▸ THE TASK
In the records that follow, show each line where the word "then" is present.

*****

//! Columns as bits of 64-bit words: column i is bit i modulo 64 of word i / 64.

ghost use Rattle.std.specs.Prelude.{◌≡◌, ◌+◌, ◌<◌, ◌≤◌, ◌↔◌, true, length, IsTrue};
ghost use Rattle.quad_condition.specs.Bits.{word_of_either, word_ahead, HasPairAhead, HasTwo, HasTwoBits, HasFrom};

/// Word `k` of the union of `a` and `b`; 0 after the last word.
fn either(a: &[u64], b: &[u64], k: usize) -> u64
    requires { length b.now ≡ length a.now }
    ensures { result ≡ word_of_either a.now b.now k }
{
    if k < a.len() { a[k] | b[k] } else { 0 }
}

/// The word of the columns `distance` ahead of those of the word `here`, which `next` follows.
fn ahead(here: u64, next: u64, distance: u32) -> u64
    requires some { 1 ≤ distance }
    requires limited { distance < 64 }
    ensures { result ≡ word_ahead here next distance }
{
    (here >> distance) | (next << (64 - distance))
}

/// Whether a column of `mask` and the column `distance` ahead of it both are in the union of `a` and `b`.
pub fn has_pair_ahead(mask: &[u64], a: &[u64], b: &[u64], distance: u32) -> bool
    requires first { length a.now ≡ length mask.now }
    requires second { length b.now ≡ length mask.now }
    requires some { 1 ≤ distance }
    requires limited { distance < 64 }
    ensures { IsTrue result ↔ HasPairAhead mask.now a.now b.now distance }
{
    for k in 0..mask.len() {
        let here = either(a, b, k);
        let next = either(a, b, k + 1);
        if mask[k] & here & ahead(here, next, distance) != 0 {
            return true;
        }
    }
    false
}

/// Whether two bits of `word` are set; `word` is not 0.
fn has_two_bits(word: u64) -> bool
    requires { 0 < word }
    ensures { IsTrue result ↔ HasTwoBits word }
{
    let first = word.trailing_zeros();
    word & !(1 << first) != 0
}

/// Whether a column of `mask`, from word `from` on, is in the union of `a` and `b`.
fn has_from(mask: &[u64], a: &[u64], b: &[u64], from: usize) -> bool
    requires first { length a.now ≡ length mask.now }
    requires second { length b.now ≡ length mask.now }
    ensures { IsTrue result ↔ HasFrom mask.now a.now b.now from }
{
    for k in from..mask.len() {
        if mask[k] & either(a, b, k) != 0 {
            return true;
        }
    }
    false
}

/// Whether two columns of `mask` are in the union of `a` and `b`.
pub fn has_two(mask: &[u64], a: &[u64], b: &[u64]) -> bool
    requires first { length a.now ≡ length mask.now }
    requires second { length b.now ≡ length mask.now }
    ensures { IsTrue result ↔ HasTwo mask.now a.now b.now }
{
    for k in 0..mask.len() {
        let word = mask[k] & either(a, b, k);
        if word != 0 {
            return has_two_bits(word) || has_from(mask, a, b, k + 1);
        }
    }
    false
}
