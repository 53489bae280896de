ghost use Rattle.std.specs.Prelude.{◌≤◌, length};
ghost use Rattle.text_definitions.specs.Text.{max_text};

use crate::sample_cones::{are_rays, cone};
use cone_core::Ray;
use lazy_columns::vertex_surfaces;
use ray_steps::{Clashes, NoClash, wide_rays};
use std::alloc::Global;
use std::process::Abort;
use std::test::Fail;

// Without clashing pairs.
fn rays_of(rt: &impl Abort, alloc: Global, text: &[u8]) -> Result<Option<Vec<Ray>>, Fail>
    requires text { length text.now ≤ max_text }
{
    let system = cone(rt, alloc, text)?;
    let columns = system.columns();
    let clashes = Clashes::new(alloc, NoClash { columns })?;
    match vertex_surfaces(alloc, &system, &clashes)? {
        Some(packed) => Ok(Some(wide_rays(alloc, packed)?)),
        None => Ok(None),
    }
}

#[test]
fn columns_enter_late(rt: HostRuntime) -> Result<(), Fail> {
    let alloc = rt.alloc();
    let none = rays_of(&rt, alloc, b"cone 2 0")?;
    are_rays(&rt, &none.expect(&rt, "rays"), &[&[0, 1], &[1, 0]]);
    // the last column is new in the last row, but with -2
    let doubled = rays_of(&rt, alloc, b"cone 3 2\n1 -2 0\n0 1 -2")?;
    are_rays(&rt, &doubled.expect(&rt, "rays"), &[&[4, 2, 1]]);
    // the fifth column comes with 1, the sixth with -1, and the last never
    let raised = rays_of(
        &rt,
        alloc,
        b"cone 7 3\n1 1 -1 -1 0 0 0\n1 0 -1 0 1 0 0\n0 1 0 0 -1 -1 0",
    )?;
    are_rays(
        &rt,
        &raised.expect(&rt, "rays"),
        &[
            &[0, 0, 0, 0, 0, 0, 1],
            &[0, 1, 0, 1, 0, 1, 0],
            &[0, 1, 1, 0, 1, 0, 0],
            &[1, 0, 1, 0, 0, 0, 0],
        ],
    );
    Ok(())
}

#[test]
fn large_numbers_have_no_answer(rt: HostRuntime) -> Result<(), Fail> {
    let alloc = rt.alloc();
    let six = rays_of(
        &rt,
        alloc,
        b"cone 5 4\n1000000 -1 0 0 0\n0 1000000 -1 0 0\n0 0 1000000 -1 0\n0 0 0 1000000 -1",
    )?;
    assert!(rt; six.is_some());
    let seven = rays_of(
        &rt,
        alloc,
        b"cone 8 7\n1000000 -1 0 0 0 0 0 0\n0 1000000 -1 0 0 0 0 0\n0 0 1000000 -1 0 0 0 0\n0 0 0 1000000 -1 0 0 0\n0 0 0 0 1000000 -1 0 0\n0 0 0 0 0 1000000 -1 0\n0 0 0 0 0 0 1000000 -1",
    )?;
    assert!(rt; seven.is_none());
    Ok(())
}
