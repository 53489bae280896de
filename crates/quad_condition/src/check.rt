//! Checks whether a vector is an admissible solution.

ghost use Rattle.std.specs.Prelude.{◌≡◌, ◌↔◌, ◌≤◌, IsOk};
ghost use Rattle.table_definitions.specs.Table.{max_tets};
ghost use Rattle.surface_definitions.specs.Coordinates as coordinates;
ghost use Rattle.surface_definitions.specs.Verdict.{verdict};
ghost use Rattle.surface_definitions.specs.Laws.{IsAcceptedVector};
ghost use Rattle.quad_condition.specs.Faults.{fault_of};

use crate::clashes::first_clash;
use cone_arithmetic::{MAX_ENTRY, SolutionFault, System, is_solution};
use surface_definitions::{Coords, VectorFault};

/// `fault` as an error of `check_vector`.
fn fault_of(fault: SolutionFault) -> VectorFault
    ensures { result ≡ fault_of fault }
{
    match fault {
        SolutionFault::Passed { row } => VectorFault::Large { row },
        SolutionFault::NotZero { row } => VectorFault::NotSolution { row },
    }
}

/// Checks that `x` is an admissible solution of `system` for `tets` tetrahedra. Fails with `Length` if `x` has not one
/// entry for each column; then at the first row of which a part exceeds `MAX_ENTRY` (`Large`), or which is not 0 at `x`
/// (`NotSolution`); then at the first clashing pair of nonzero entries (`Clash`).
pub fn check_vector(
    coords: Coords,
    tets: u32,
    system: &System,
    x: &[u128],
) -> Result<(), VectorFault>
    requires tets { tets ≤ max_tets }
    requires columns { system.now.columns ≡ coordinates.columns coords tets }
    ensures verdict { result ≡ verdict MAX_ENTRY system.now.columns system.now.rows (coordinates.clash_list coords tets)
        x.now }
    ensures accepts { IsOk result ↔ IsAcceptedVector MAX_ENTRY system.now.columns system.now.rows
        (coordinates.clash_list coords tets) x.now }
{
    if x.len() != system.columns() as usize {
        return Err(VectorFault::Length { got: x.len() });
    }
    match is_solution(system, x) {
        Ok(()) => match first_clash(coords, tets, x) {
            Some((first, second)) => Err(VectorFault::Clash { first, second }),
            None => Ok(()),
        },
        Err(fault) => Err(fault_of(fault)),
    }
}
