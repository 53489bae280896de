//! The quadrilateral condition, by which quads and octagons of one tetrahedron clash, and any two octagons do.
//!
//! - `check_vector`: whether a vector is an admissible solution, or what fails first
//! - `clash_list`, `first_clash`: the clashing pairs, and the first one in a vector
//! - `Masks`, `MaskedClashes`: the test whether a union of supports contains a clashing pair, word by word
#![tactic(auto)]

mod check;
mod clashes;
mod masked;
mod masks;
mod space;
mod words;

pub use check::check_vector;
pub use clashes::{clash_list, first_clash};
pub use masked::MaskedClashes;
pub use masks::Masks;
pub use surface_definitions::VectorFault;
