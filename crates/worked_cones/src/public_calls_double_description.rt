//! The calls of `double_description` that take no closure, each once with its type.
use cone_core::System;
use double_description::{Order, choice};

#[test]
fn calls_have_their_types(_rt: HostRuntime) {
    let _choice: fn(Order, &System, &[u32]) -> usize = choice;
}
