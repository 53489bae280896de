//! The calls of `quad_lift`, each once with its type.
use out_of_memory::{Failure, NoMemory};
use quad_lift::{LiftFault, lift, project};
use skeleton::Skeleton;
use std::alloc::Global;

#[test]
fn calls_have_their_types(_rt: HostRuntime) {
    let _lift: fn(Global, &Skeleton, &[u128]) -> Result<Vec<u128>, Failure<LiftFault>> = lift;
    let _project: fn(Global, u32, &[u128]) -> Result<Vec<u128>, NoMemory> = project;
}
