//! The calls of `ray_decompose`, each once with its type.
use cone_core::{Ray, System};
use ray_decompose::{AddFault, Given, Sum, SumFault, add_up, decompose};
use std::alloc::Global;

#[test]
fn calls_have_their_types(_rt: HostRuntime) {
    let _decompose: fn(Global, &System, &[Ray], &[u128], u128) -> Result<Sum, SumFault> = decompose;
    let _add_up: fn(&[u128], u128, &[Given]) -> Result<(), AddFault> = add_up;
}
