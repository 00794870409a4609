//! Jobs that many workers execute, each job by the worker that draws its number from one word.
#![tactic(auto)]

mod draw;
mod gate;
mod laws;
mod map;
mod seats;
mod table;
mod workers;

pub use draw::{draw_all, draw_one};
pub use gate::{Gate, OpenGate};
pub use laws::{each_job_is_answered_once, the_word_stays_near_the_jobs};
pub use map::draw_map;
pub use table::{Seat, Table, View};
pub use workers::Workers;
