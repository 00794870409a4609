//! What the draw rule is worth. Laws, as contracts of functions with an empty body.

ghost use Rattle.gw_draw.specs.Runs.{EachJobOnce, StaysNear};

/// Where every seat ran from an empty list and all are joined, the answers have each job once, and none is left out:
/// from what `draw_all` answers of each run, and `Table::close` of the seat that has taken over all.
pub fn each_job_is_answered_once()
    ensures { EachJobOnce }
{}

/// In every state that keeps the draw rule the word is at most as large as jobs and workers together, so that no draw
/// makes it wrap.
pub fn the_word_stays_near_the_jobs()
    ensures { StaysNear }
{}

*****

▸ RESPONSE BOX
/// entry for each column; then at the first row of which a part exceeds `MAX_ENTRY` (`Large`), or which is not 0 at `x`
/// (`NotSolution`); then at the first clashing pair of nonzero entries (`Clash`).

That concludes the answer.